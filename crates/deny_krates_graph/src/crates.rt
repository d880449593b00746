ghost use Rattle.std.specs.Prelude.{◌≡◌, ◌≢◌, ◌<◌, [], IfOk, None, Some, All, AllPairs};
ghost use Rattle.std.specs.Prelude.{Contains, length, map, option_map, slice_get};
ghost use Rattle.std.specs.Cmp.Lexicographic.{slice_cmp};
ghost use Rattle.std.specs.List.{AllZip};
ghost use Rattle.std.specs.Ordering.{nat_cmp};
ghost use Rattle.semver.specs.Identifiers.{parts_of};
ghost use Rattle.deny_base_lists.specs.Ascending.{Lists};
ghost use Rattle.deny_krates_graph.specs.Crates.{dependency_view};
ghost use Rattle.deny_krates_graph.specs.private.Graph.{IsKrateAs, IsKrateOf, no_package};
ghost use Rattle.deny_krates_graph.specs.private.Taken.{IsRead, IsWithout, dependency_with, requirement_held};
ghost use Rattle.deny_krates_graph.specs.Listed.{dependency_at, features_of, requirement_read};
ghost use Rattle.deny_krates_sources.specs.PackageTexts.{AreTextsOf};

use crate::graph::KeptPackage;
use crate::krate::{Dependency, Krate};
use deny_base::Kid;
use deny_base_lists::{List, NoMemory, Text, TextMap, put_in_order};
use deny_krates_metadata::{Declaration, Feature, MetadataNode, MetadataPackage};
use deny_krates_sources::{PackageTexts, PackageVersions, Source};
use semver::{Version, VersionReq};
use std::alloc::Global;
use std::mem;

// A package, and its texts parsed.
#[derive(Drop)]
struct ReadPackage {
    listed: MetadataPackage,
    versions: PackageVersions,
    requirements: List<VersionReq>,
    source: Option<Source>,
}

/// The crates of the kept packages, given the parsed texts of all packages. The kept packages and their
/// parsed texts are moved into the crates, and empty ones are left in their places.
pub fn krates_of(
    alloc: Global,
    packages: &mut List<MetadataPackage>,
    texts: &mut PackageTexts,
    nodes: &[MetadataNode],
    kept: &[KeptPackage],
) -> Result<List<Krate>, NoMemory>
    requires packages { All (λ k. k.owner < length packages.old) kept.now }
    requires texts { AreTextsOf packages.old texts.old }
    requires apart { AllPairs (λ m n. m ≢ n) (map (λ k. k.owner) kept.now) }
    requires nodes { All (λ k. k.node < length nodes.now) kept.now }
    ensures { IfOk result (AllZip (IsKrateOf packages.old nodes.now) kept.now) }
{
    let mut krates = List::new(alloc);
    for each in kept {
        let read = take_read(alloc, packages, texts, each.owner);
        let node = &nodes[each.node as usize];
        krates.push(krate_of(alloc, read, &node.features)?)?;
    }
    Ok(krates)
}

// Moves a package and its parsed texts out of the lists that hold them.
fn take_read(
    alloc: Global,
    packages: &mut List<MetadataPackage>,
    texts: &mut PackageTexts,
    number: u32,
) -> ReadPackage
    requires packages { number < length packages.old }
    requires versions { number < length texts.old.versions }
    requires requirements { number < length texts.old.requirements }
    requires sources { number < length texts.old.sources }
    ensures listed { slice_get packages.old number ≡ Some result.listed }
    ensures versions { slice_get texts.old.versions number ≡ Some result.versions }
    ensures requirements { slice_get texts.old.requirements number ≡ Some result.requirements }
    ensures source { slice_get texts.old.sources number ≡ Some result.source }
    ensures other_packages { IsWithout number packages.old packages.new }
    ensures other_versions { IsWithout number texts.old.versions texts.new.versions }
    ensures other_requirements { IsWithout number texts.old.requirements texts.new.requirements }
    ensures other_sources { IsWithout number texts.old.sources texts.new.sources }
{
    let listed = take(packages, number, no_package(alloc));
    let versions = take(&mut texts.versions, number, no_versions());
    let requirements = take(&mut texts.requirements, number, List::new(alloc));
    let source = take(&mut texts.sources, number, None);
    ReadPackage {
        listed,
        versions,
        requirements,
        source,
    }
}

// Moves an item out of a list, and leaves `empty` in its place.
fn take<T>(list: &mut List<T>, number: u32, empty: T) -> T
    requires { number < length list.old }
    ensures taken { slice_get list.old number ≡ Some result }
    ensures others { IsWithout number list.old list.new }
{
    mem::replace(&mut list.vec[number as usize], empty)
}

fn no_package(alloc: Global) -> MetadataPackage
    ensures { result ≡ no_package }
{
    MetadataPackage {
        name: Text::new(alloc),
        version: Text::new(alloc),
        id: Text::new(alloc),
        manifest_path: Text::new(alloc),
        source: None,
        license: None,
        rust_version: None,
        publish: None,
        features: List::new(alloc),
        targets: List::new(alloc),
        dependencies: List::new(alloc),
    }
}

fn no_versions() -> PackageVersions
    ensures version { parts_of result.version ≡ (0, 0, 0, [], []) }
    ensures rust_version { option_map parts_of result.rust_version ≡ None }
{
    PackageVersions {
        version: Version::new(0, 0, 0),
        rust_version: None,
    }
}

fn krate_of(alloc: Global, read: ReadPackage, enabled: &List<Text>) -> Result<Krate, NoMemory>
    requires { IsRead read }
    ensures { IfOk result (IsKrateAs read.listed enabled.now) }
{
    let ReadPackage {
        listed,
        versions,
        requirements,
        source,
    } = read;
    let lists = lists_of(
        alloc,
        listed.features,
        listed.dependencies,
        requirements,
        enabled,
    )?;
    Ok(Krate {
        version: versions.version,
        source,
        rust_version: versions.rust_version,
        features: lists.features,
        deps: lists.deps,
        enabled: lists.enabled,
        name: listed.name,
        id: Kid(listed.id),
        source_text: listed.source,
        license: listed.license,
        manifest_path: listed.manifest_path,
        publish: listed.publish,
        targets: listed.targets,
    })
}

// The features and dependencies of a crate.
#[derive(Drop)]
struct KrateLists {
    features: TextMap<List<Text>>,
    deps: List<Dependency>,
    enabled: List<Text>,
}

fn lists_of(
    alloc: Global,
    features: List<Feature>,
    declarations: List<Declaration>,
    requirements: List<VersionReq>,
    enabled: &List<Text>,
) -> Result<KrateLists, NoMemory>
    requires { map requirement_held requirements ≡ map (λ d. requirement_read d.req) declarations }
    ensures features { IfOk result (λ lists. lists.features ≡ features_of features) }
    ensures deps { IfOk result (λ lists. map dependency_view lists.deps ≡ map dependency_at declarations) }
    ensures enabled { IfOk result (λ lists. Lists (slice_cmp nat_cmp) (Contains enabled.now) lists.enabled) }
{
    let features = features_in(alloc, features)?;
    let deps = declared_dependencies(alloc, declarations, requirements)?;
    let enabled = in_order(enabled)?;
    Ok(KrateLists {
        features,
        deps,
        enabled,
    })
}

// The lists of what each feature enables, by the names of the features.
fn features_in(alloc: Global, listed: List<Feature>) -> Result<TextMap<List<Text>>, NoMemory>
    ensures { IfOk result (λ features. features ≡ features_of listed) }
{
    let mut features = TextMap::new(alloc);
    for feature in listed.vec {
        features.insert(feature.name, feature.enables)?;
    }
    Ok(features)
}

// The dependencies of declarations, given their parsed requirements.
fn declared_dependencies(
    alloc: Global,
    declarations: List<Declaration>,
    requirements: List<VersionReq>,
) -> Result<List<Dependency>, NoMemory>
    requires { map requirement_held requirements ≡ map (λ d. requirement_read d.req) declarations }
    ensures { IfOk result (λ deps. map dependency_view deps ≡ map dependency_at declarations) }
{
    let mut deps = List::new(alloc);
    for (declaration, req) in declarations.vec.into_iter().zip(requirements.vec) {
        deps.push(dependency_in(declaration, req))?;
    }
    Ok(deps)
}

fn dependency_in(declaration: Declaration, req: VersionReq) -> Dependency
    ensures { dependency_view result ≡ dependency_with declaration (requirement_held req) }
{
    Dependency {
        name: declaration.name,
        req,
        kind: declaration.kind,
        rename: declaration.rename,
        target: declaration.target,
        path: declaration.path,
        features: declaration.features,
        uses_default_features: declaration.uses_default_features,
    }
}

// Texts in ascending order, each once.
fn in_order(texts: &List<Text>) -> Result<List<Text>, NoMemory>
    ensures { IfOk result (Lists (slice_cmp nat_cmp) (Contains texts.now)) }
{
    let mut texts = texts.clone()?;
    put_in_order(&mut texts)?;
    Ok(texts)
}
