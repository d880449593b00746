//! The crates of a workspace's metadata, in order, the dependencies between them, and an index of their
//! ids.
//!
//! # Choices
//!
//! Crates are ordered by the text of their version, and clauses see a version by its parts: these agree, since a
//! version that was read is printed again as it was written.
//!
//! Dependencies of a crate are the dependents in the graph whose edges are reversed: one law serves both. Neighbours
//! are sorted by the ranks of their ids, which are found once, so no id is copied or compared for an edge.
//!
//! The value of the JSON is dropped before the graph is made, and packages are moved into it: no two crates have one
//! package, so a package is taken out of its place, and one without texts is left there.
//!
//! A target edge has a kind and a target, and the graph keeps both its target edges and its edges, which have no
//! target: a declaration resolves by the first, chains and dependents follow the second. `IsOrderly` says that the
//! second are the first without targets. The type of a target edge is in `deny_spec`, since the graph holds it and no
//! lower crate needs it.
//!
//! A dependency of a node for a target that is written twice counts once, as an edge does.
//!
//! 2^28 packages or nodes, which no text of fewer bytes holds, would be answered as out of memory: two lengths are
//! tested instead of a proof that the text is too short for so many. So are a lock text of 2^29 bytes, and 2^32 nodes
//! (crates with their enabled features), by sums that subtract what each crate needs from what is left.
//!
//! The folder of a path without `/`, which is never in metadata without fault, is `/`.
#![tactic(auto)]

mod bounds;
mod crates;
mod direct;
mod filtered;
mod graph;
mod ids;
mod krate;
mod reach;
mod read;

pub use filtered::reached_without;
pub use ids::{IdEntry, place_of};
pub use krate::{Dependency, DirectDependent, Krate};
pub use read::{CrateGraph, graph_at};
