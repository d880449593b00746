ghost use Rattle.std.specs.Prelude.{◌≡◌, IfOk, Some, unwrap_or};
ghost use Rattle.std.specs.List.{list_all, list_any};
ghost use Rattle.semver.specs.Identifiers.{parts_of, parts_text};
ghost use Rattle.deny_krates_graph.specs.Crates.{crate_view};
ghost use Rattle.deny_spec.specs.Crates.{is_git_source, is_registry, is_crates_io};
ghost use Rattle.deny_spec.specs.Crates.{is_private, folder, folder_of, or_root};
ghost use Rattle.deny_spec.specs.Graph.{crate_text};
ghost use Rattle.deny_spec.specs.Text.{same_text};

use deny_base::{DepKind, Kid};
use deny_base_lists::{List, NoMemory, Text, TextMap};
use deny_krates_metadata::Target;
use deny_krates_sources::Source;
use semver::{Version, VersionReq};
use std::alloc::Global;
use std::fmt;

/// A dependency as the crate's manifest declares it.
#[derive(Drop)]
pub struct Dependency {
    pub name: Text,
    pub req: VersionReq,
    pub kind: DepKind,
    /// The name that the crate has in the manifest, where it is another.
    pub rename: Option<Text>,
    /// The target that it is for; none for all.
    pub target: Option<Text>,
    /// Its folder, where the manifest names one.
    pub path: Option<Text>,
    /// The features that it asks for.
    pub features: List<Text>,
    /// Whether it asks for the feature `default` too.
    pub uses_default_features: bool,
}

/// A crate of the graph. It prints as `name = version`.
#[derive(Drop)]
pub struct Krate {
    pub name: Text,
    /// The text by which the metadata names its package.
    pub id: Kid,
    pub version: Version,
    /// Where it comes from; none for a crate of this workspace or of a folder.
    pub source: Option<Source>,
    /// The source as the metadata writes it.
    pub source_text: Option<Text>,
    pub license: Option<Text>,
    /// The path of its manifest, which has a `/`.
    pub manifest_path: Text,
    /// The registries that it may be published to; none where the manifest does not say.
    pub publish: Option<List<Text>>,
    /// The least version of Rust that it needs.
    pub rust_version: Option<Version>,
    /// The list of what each of its features enables.
    pub features: TextMap<List<Text>>,
    pub targets: List<Target>,
    pub deps: List<Dependency>,
    /// Its features that are enabled.
    pub enabled: List<Text>,
}

impl Krate {
    /// Whether it comes from a git repository.
    pub fn is_git_source(&self) -> bool
        ensures { result ≡ is_git_source (crate_view 0 self.now) }
    {
        matches!(&self.source, Some(Source::Git { .. }))
    }

    /// Whether it comes from a registry, crates.io or another.
    pub fn is_registry(&self) -> bool
        ensures { result ≡ is_registry (crate_view 0 self.now) }
    {
        matches!(
            &self.source,
            Some(Source::CratesIo(_) | Source::Registry(_) | Source::Sparse(_))
        )
    }

    /// Whether it comes from crates.io.
    pub fn is_crates_io(&self) -> bool
        ensures { result ≡ is_crates_io (crate_view 0 self.now) }
    {
        matches!(&self.source, Some(Source::CratesIo(_)))
    }

    /// Whether its manifest says where it may be published, and names only these registries.
    pub fn is_private(&self, registries: &[Text]) -> bool
        ensures { result ≡ is_private registries.now (crate_view 0 self.now) }
    {
        match &self.publish {
            Some(names) => are_among(names.as_slice(), registries),
            None => false,
        }
    }

    /// The folder of its manifest.
    pub fn folder(&self) -> &str
        ensures { result.now ≡ folder (crate_view 0 self.now) }
    {
        parent_folder(self.manifest_path.as_str())
    }

    /// Its source as the metadata writes it, or the folder of its manifest where it has none.
    pub fn source_or_folder(&self) -> &str
        ensures { result.now ≡ unwrap_or self.now.source_text (folder (crate_view 0 self.now)) }
    {
        match &self.source_text {
            Some(text) => text.as_str(),
            None => self.folder(),
        }
    }

    /// Its version as text.
    pub fn version_text(&self, alloc: Global) -> Result<Text, NoMemory>
        ensures { IfOk result (λ text. text ≡ parts_text (parts_of self.now.version)) }
    {
        Ok(Text::from_string(format!(in alloc; "{}", self.version)?))
    }
}

// Whether all names are among others.
fn are_among(names: &[Text], others: &[Text]) -> bool
    ensures { result ≡ list_all (λ name. list_any (same_text name) others.now) names.now }
{
    names.iter().all(|name| is_among(name, others))
}

fn is_among(name: &Text, others: &[Text]) -> bool
    ensures { result ≡ list_any (same_text name.now) others.now }
{
    others.iter().any(|other| name == other)
}

// The prefix of a path before its last `/`; `/` where it is empty or there is none.
fn parent_folder(path: &str) -> &str
    ensures { result.now ≡ folder_of path.now }
{
    match path.rfind('/') {
        Some(end) => or_root(&path[..end]),
        None => "/",
    }
}

fn or_root(folder: &str) -> &str
    ensures { result.now ≡ or_root folder.now }
{
    if folder.is_empty() { "/" } else { folder }
}

impl fmt::Display for Krate {
    ghost output = { λ k. Some (crate_text (crate_view 0 k)) };

    fn fmt<W: fmt::Write>(&self, f: &mut fmt::Formatter<W>) -> fmt::Result {
        write!(f, "{} = {}", self.name, self.version)
    }
}

/// A neighbour of a crate: a crate that depends on it, or on which it depends, by its place, with the least
/// kind (in the order normal, dev, build) of the dependencies between the two.
#[derive(Clone, Copy, PartialEq, Eq)]
pub struct DirectDependent {
    pub place: u32,
    pub kind: DepKind,
}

- **What needs to be done**: Return every line of the preceding records in which the word "KeptPackage" appears.

- **Solution**:
use crate::graph::KeptPackage;
    kept: &[KeptPackage],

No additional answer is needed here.